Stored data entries
################
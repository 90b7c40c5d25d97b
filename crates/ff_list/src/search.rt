// The search over the points of the second field and the lines alpha * z + beta.
ghost use Rattle.std.specs.Prelude.{◌≡◌, ◌≤◌, IfOk, IfSome};
ghost use Rattle.ff_theory.specs.Ring.{IsElement};
ghost use Rattle.ff_list.specs.Lists.{IsTrueList, AreBothOrders};
ghost use Rattle.ff_list.specs.Searches.{ArePlaces, IsPlace, IsFormed, IsKnown, AreMatched};
ghost use Rattle.ff_list.specs.Searches.{AreSlopes, IsChoice};

use crate::choice::search_choice;
use crate::curve::Curve;
use crate::known::Known;
use crate::places::system_like;
use crate::profile::{Profile, fits};
use crate::slopes::slopes;
use ff_alg::{FiniteField, NoMemory, Steps};
use ff_data::{Entry, Point, System};
use ff_elem::Alg;
use ff_match::alike;
use std::alloc::Global;
use std::sync::ledger::Ledger;

/// What a search has found: the entries by rising key, and what is known of the profile of the
/// first system.
#[derive(Drop)]
pub struct Hits {
    pub list: Vec<Entry>,
    pub profile: Profile,
}

/// Adds the isomorphisms that carry z to `alpha * z + beta`, where the profiles of both systems
/// allow any.
fn search_line<K: FiniteField<E = u32>, L: Ledger, M: Ledger>(
    alloc: Global,
    alg1: &Alg<K>,
    alg2: &Alg<K>,
    known: &Known,
    s2: &System,
    alpha: u32,
    beta: u32,
    second: &mut Profile,
    hits: &mut Hits,
    tests: &mut Steps<L>,
    nodes: &mut Steps<M>,
) -> Result<(), NoMemory>
    requires field { alg1.now.k ≡ alg2.now.k }
    requires systems { AreMatched (K.lawful alg2.now.k) alg1.now.f alg2.now.f known.now s2.now }
    requires choice { IsChoice (K.elements alg2.now.k) alpha beta }
    requires list { IsTrueList (K.lawful alg2.now.k) alg1.now.f alg2.now.f hits.old.list.items }
    ensures list { let L = K.lawful alg2.now.k in
        IfOk result (λ _. IsTrueList L alg1.now.f alg2.now.f hits.new.list.items) }
    ensures tests { tests.old ≤ tests.new }
    ensures nodes { nodes.old ≤ nodes.new }
{
    let (k, s1) = (&alg2.k, &known.start.system);
    let fitting = fits(alloc, k, s1, s2, alpha, beta, &mut hits.profile, second)?;
    if !fitting {
        return Ok(());
    }
    let list = &mut hits.list;
    search_choice(
        alloc, alg1, alg2, known, s2, alpha, beta, list, tests, nodes,
    )
}

/// Adds the isomorphisms that carry z to `alpha * z + beta` for any beta.
fn search_slope<K: FiniteField<E = u32>, L: Ledger, M: Ledger>(
    alloc: Global,
    alg1: &Alg<K>,
    alg2: &Alg<K>,
    known: &Known,
    s2: &System,
    alpha: u32,
    second: &mut Profile,
    hits: &mut Hits,
    tests: &mut Steps<L>,
    nodes: &mut Steps<M>,
) -> Result<(), NoMemory>
    requires field { alg1.now.k ≡ alg2.now.k }
    requires systems { AreMatched (K.lawful alg2.now.k) alg1.now.f alg2.now.f known.now s2.now }
    requires alpha { IsElement (K.elements alg2.now.k) alpha }
    requires nonzero { let F = K.elements alg2.now.k in ¬ (F.value alpha ≡ F.zero) }
    requires list { IsTrueList (K.lawful alg2.now.k) alg1.now.f alg2.now.f hits.old.list.items }
    ensures list { let L = K.lawful alg2.now.k in
        IfOk result (λ _. IsTrueList L alg1.now.f alg2.now.f hits.new.list.items) }
    ensures tests { tests.old ≤ tests.new }
    ensures nodes { nodes.old ≤ nodes.new }
{
    for j in 0..alg2.k.count() {
        let beta = alg2.k.nth(j);
        search_line(
            alloc, alg1, alg2, known, s2, alpha, beta, second, hits, tests, nodes,
        )?;
    }
    Ok(())
}

/// Adds the isomorphisms that carry z to `alpha * z + beta` for any beta and any alpha of a list.
fn search_slopes<K: FiniteField<E = u32>, L: Ledger, M: Ledger>(
    alloc: Global,
    alg1: &Alg<K>,
    alg2: &Alg<K>,
    known: &Known,
    s2: &System,
    slopes: &[u32],
    hits: &mut Hits,
    tests: &mut Steps<L>,
    nodes: &mut Steps<M>,
) -> Result<(), NoMemory>
    requires field { alg1.now.k ≡ alg2.now.k }
    requires systems { AreMatched (K.lawful alg2.now.k) alg1.now.f alg2.now.f known.now s2.now }
    requires slopes { AreSlopes (K.elements alg2.now.k) slopes.now }
    requires list { IsTrueList (K.lawful alg2.now.k) alg1.now.f alg2.now.f hits.old.list.items }
    ensures list { let L = K.lawful alg2.now.k in
        IfOk result (λ _. IsTrueList L alg1.now.f alg2.now.f hits.new.list.items) }
    ensures tests { tests.old ≤ tests.new }
    ensures nodes { nodes.old ≤ nodes.new }
{
    let mut second = Profile::new(alloc, &alg2.k)?;
    for i in 0..slopes.len() {
        search_slope(
            alloc,
            alg1,
            alg2,
            known,
            s2,
            slopes[i],
            &mut second,
            hits,
            tests,
            nodes,
        )?;
    }
    Ok(())
}

/// Adds the isomorphisms that carry the first system to s2.
fn search_system<K: FiniteField<E = u32>, L: Ledger, M: Ledger>(
    alloc: Global,
    alg1: &Alg<K>,
    alg2: &Alg<K>,
    known: &Known,
    s2: &System,
    hits: &mut Hits,
    tests: &mut Steps<L>,
    nodes: &mut Steps<M>,
) -> Result<(), NoMemory>
    requires field { alg1.now.k ≡ alg2.now.k }
    requires systems { AreMatched (K.lawful alg2.now.k) alg1.now.f alg2.now.f known.now s2.now }
    requires list { IsTrueList (K.lawful alg2.now.k) alg1.now.f alg2.now.f hits.old.list.items }
    ensures list { let L = K.lawful alg2.now.k in
        IfOk result (λ _. IsTrueList L alg1.now.f alg2.now.f hits.new.list.items) }
    ensures tests { tests.old ≤ tests.new }
    ensures nodes { nodes.old ≤ nodes.new }
{
    let slopes = slopes(alloc, &alg2.k)?;
    search_slopes(alloc, alg1, alg2, known, s2, &slopes, hits, tests, nodes)
}

/// Adds the isomorphisms that carry the first system to s2, where they are alike.
fn search_alike<K: FiniteField<E = u32>, L: Ledger, M: Ledger>(
    alloc: Global,
    alg1: &Alg<K>,
    alg2: &Alg<K>,
    known: &Known,
    s2: &System,
    hits: &mut Hits,
    tests: &mut Steps<L>,
    nodes: &mut Steps<M>,
) -> Result<(), NoMemory>
    requires field { alg1.now.k ≡ alg2.now.k }
    requires known { IsKnown (K.lawful alg2.now.k) alg1.now.f known.now }
    requires system { IsFormed (K.lawful alg2.now.k) alg2.now.f s2.now }
    requires list { IsTrueList (K.lawful alg2.now.k) alg1.now.f alg2.now.f hits.old.list.items }
    ensures list { let L = K.lawful alg2.now.k in
        IfOk result (λ _. IsTrueList L alg1.now.f alg2.now.f hits.new.list.items) }
    ensures tests { tests.old ≤ tests.new }
    ensures nodes { nodes.old ≤ nodes.new }
{
    if !alike(&known.start.system, s2) {
        return Ok(());
    }
    search_system(alloc, alg1, alg2, known, s2, hits, tests, nodes)
}

/// Adds the isomorphisms that carry the first system to another one, where there is one.
fn search_found<K: FiniteField<E = u32>, L: Ledger, M: Ledger>(
    alloc: Global,
    alg1: &Alg<K>,
    alg2: &Alg<K>,
    known: &Known,
    found: &Option<System>,
    hits: &mut Hits,
    tests: &mut Steps<L>,
    nodes: &mut Steps<M>,
) -> Result<(), NoMemory>
    requires field { alg1.now.k ≡ alg2.now.k }
    requires known { IsKnown (K.lawful alg2.now.k) alg1.now.f known.now }
    requires system { IfSome found.now (IsFormed (K.lawful alg2.now.k) alg2.now.f) }
    requires list { IsTrueList (K.lawful alg2.now.k) alg1.now.f alg2.now.f hits.old.list.items }
    ensures list { let L = K.lawful alg2.now.k in
        IfOk result (λ _. IsTrueList L alg1.now.f alg2.now.f hits.new.list.items) }
    ensures tests { tests.old ≤ tests.new }
    ensures nodes { nodes.old ≤ nodes.new }
{
    match found {
        Some(s2) => search_alike(alloc, alg1, alg2, known, s2, hits, tests, nodes),
        None => Ok(()),
    }
}

/// Adds the isomorphisms that carry the point of the first system to a point.
fn search_point<K: FiniteField<E = u32>, L: Ledger, M: Ledger>(
    alloc: Global,
    alg1: &Alg<K>,
    curve: &Curve<K>,
    known: &Known,
    point: &Point,
    hits: &mut Hits,
    tests: &mut Steps<L>,
    nodes: &mut Steps<M>,
) -> Result<(), NoMemory>
    requires field { alg1.now.k ≡ curve.now.alg.k }
    requires known { IsKnown (K.lawful curve.now.alg.k) alg1.now.f known.now }
    requires orders { let c = curve.now in
        AreBothOrders (K.lawful c.alg.k) c.alg.f c.finite c.infinite }
    requires point { let c = curve.now in
        IsPlace (K.elements c.alg.k) c.finite c.infinite point.now }
    requires list { let c = curve.now in
        IsTrueList (K.lawful c.alg.k) alg1.now.f c.alg.f hits.old.list.items }
    ensures list { let c = curve.now in
        IfOk result (λ _. IsTrueList (K.lawful c.alg.k) alg1.now.f c.alg.f hits.new.list.items) }
    ensures tests { tests.old ≤ tests.new }
    ensures nodes { nodes.old ≤ nodes.new }
{
    let found = system_like(alloc, curve, point, &known.start.system)?;
    let outcome = search_found(alloc, alg1, &curve.alg, known, &found, hits, tests, nodes);
    drop(found);
    outcome
}

/// Adds the isomorphisms that carry the point of the first system to one of the points.
pub fn search<K: FiniteField<E = u32>, L: Ledger, M: Ledger>(
    alloc: Global,
    alg1: &Alg<K>,
    curve: &Curve<K>,
    known: &Known,
    places: &[Point],
    hits: &mut Hits,
    tests: &mut Steps<L>,
    nodes: &mut Steps<M>,
) -> Result<(), NoMemory>
    requires field { alg1.now.k ≡ curve.now.alg.k }
    requires known { IsKnown (K.lawful curve.now.alg.k) alg1.now.f known.now }
    requires places { let c = curve.now in
        ArePlaces (K.lawful c.alg.k) c.alg.f c.finite c.infinite places.now }
    requires list { let c = curve.now in
        IsTrueList (K.lawful c.alg.k) alg1.now.f c.alg.f hits.old.list.items }
    ensures list { let c = curve.now in
        IfOk result (λ _. IsTrueList (K.lawful c.alg.k) alg1.now.f c.alg.f hits.new.list.items) }
    ensures tests { tests.old ≤ tests.new }
    ensures nodes { nodes.old ≤ nodes.new }
{
    for i in 0..places.len() {
        search_point(alloc, alg1, curve, known, &places[i], hits, tests, nodes)?;
    }
    Ok(())
}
################
[Instructions to follow] Scan the records for lines that hold "elements", and reproduce each one you find.

[Answer space]
    requires choice { IsChoice (K.elements alg2.now.k) alpha beta }
    requires alpha { IsElement (K.elements alg2.now.k) alpha }
    requires nonzero { let F = K.elements alg2.now.k in ¬ (F.value alpha ≡ F.zero) }
    requires slopes { AreSlopes (K.elements alg2.now.k) slopes.now }
        IsPlace (K.elements c.alg.k) c.finite c.infinite point.now }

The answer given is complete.